[DATA RECORDS — start]
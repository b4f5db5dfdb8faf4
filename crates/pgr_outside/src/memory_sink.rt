ghost use Rattle.std.specs.Prelude.{◌≡◌, ◌-◌, ◌+◌, ◌<◌, ◌≤◌, ◌↔◌, [], ◌++◌, Some, length, vec_len, vec_capacity, min, take, IsErr, IfOk, OnOk, OnErr};
ghost use Rattle.pgr_outside.specs.Calls.{raised};
ghost use Rattle.pgr_outside.specs.Faults.{HasRisen};
ghost use Rattle.pgr_outside.specs.MemorySink.{SinkState, FailsNext};
ghost use Rattle.pgr_outside.specs.Sink.{with_added};

use crate::fault::{Failed, NoMemory};
use crate::sink::Sink;
use std::alloc::Global;
use std::marker::Model;

/// A sink into memory of a fixed size, written in pieces of a size of one's choice, that fails at chosen calls.
#[derive(Drop)]
pub struct MemorySink {
    bytes: Vec<u8>,
    room: usize,
    most: usize,
    fails: Vec<u64>,
    calls: u64,
    faults: u64,
}

impl Model for MemorySink {
    ghost Value = { SinkState };

    ghost view = { λ sink. record {
      bytes = sink.bytes.items;
      room = sink.room;
      most = sink.most;
      fails = sink.fails.items;
      calls = sink.calls;
      faults = sink.faults;
    } };

    ghost invariant = { λ sink. (1 ≤ sink.most) × (vec_len sink.bytes + sink.room ≤ vec_capacity sink.bytes) };
}

impl MemorySink {
    /// An empty sink with room for so many bytes, at which no call was made and no fault was counted.
    ///
    /// A write takes at most `most` bytes, and the calls whose numbers stand in `fails`, counted from 1,
    /// fail. All its memory is taken here, and `NoMemory` may come at any call.
    pub fn with_room(
        alloc: Global,
        room: usize,
        most: usize,
        fails: Vec<u64>,
    ) -> Result<MemorySink, NoMemory>
        requires { 1 ≤ most }
        ensures { IfOk result (λ sink. sink ≡ record {
          bytes = [];
          room = room;
          most = most;
          fails = fails.items;
          calls = 0;
          faults = 0;
        }) }
    {
        let bytes = Vec::with_capacity(alloc, room).map_err(|_| NoMemory)?;
        Ok(MemorySink {
            bytes,
            room,
            most,
            fails,
            calls: 0,
            faults: 0,
        })
    }

    /// What was written so far, in order. It takes no memory.
    pub fn bytes(&self) -> &[u8]
        ensures { result.now ≡ self.now.bytes }
    {
        self.bytes.as_slice()
    }
}

impl Sink for MemorySink {
    ghost written = { λ sink. Some sink.bytes };

    ghost faults = { λ sink. sink.faults };

    /// Takes a front of the piece, and answers how many bytes.
    ///
    /// A call that doesn't fail takes the least of `most`, the piece's length and the room that is left. It
    /// fails exactly where its number is one of those that fail, or where the room is full and the piece
    /// isn't empty, and then counts one fault more and takes nothing.
    fn write(&mut self, piece: &[u8]) -> Result<usize, Failed>
        ensures at_most { IfOk result (λ count. count ≤ length piece.now) }
        ensures some { IfOk result (λ count. 0 < length piece.now → 0 < count) }
        ensures added { IfOk result (λ count. Some self.new.bytes ≡ with_added (Some self.old.bytes) (take count piece.now)) }
        ensures failed { OnErr result (HasRisen self.old.faults self.new.faults) }
        ensures nothing_added { OnErr result (Some self.new.bytes ≡ Some self.old.bytes) }
        ensures faults { self.old.faults ≤ self.new.faults }

        // Exactly how much, when it fails, and what is counted.
        ensures exact { IfOk result (λ count. count ≡ min self.old.most (min (length piece.now) self.old.room)) }
        ensures fails { IsErr result ↔ FailsNext self.old piece.now }
        ensures ok { IfOk result (λ count. self.new ≡ record self.old {
          bytes = self.old.bytes ++ take count piece.now;
          room = self.old.room - count;
          calls = raised self.old.calls;
        }) }
        ensures err { OnErr result (self.new ≡ record self.old {
          calls = raised self.old.calls;
          faults = raised self.old.faults;
        }) }
    {
        self.calls = self.calls.saturating_add(1);
        let is_full = self.room == 0 && !piece.is_empty();
        if is_full || self.fails.contains(&self.calls) {
            self.faults = self.faults.saturating_add(1);
            return Err(Failed);
        }
        let count = self.most.min(piece.len()).min(self.room);
        self.bytes.extend_from_slice(&piece[..count]).unwrap();
        self.room -= count;
        Ok(count)
    }
}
[DATA RECORDS — finish]
TO DO:
Transcribe the records above exactly, beginning at the line that contains "use std::marker::Model;" and ending with the line that contains "A write takes", both included, and nothing else.

RESULT FOR THIS EXERCISE:
use std::marker::Model;

/// A sink into memory of a fixed size, written in pieces of a size of one's choice, that fails at chosen calls.
#[derive(Drop)]
pub struct MemorySink {
    bytes: Vec<u8>,
    room: usize,
    most: usize,
    fails: Vec<u64>,
    calls: u64,
    faults: u64,
}

impl Model for MemorySink {
    ghost Value = { SinkState };

    ghost view = { λ sink. record {
      bytes = sink.bytes.items;
      room = sink.room;
      most = sink.most;
      fails = sink.fails.items;
      calls = sink.calls;
      faults = sink.faults;
    } };

    ghost invariant = { λ sink. (1 ≤ sink.most) × (vec_len sink.bytes + sink.room ≤ vec_capacity sink.bytes) };
}

impl MemorySink {
    /// An empty sink with room for so many bytes, at which no call was made and no fault was counted.
    ///
    /// A write takes at most `most` bytes, and the calls whose numbers stand in `fails`, counted from 1,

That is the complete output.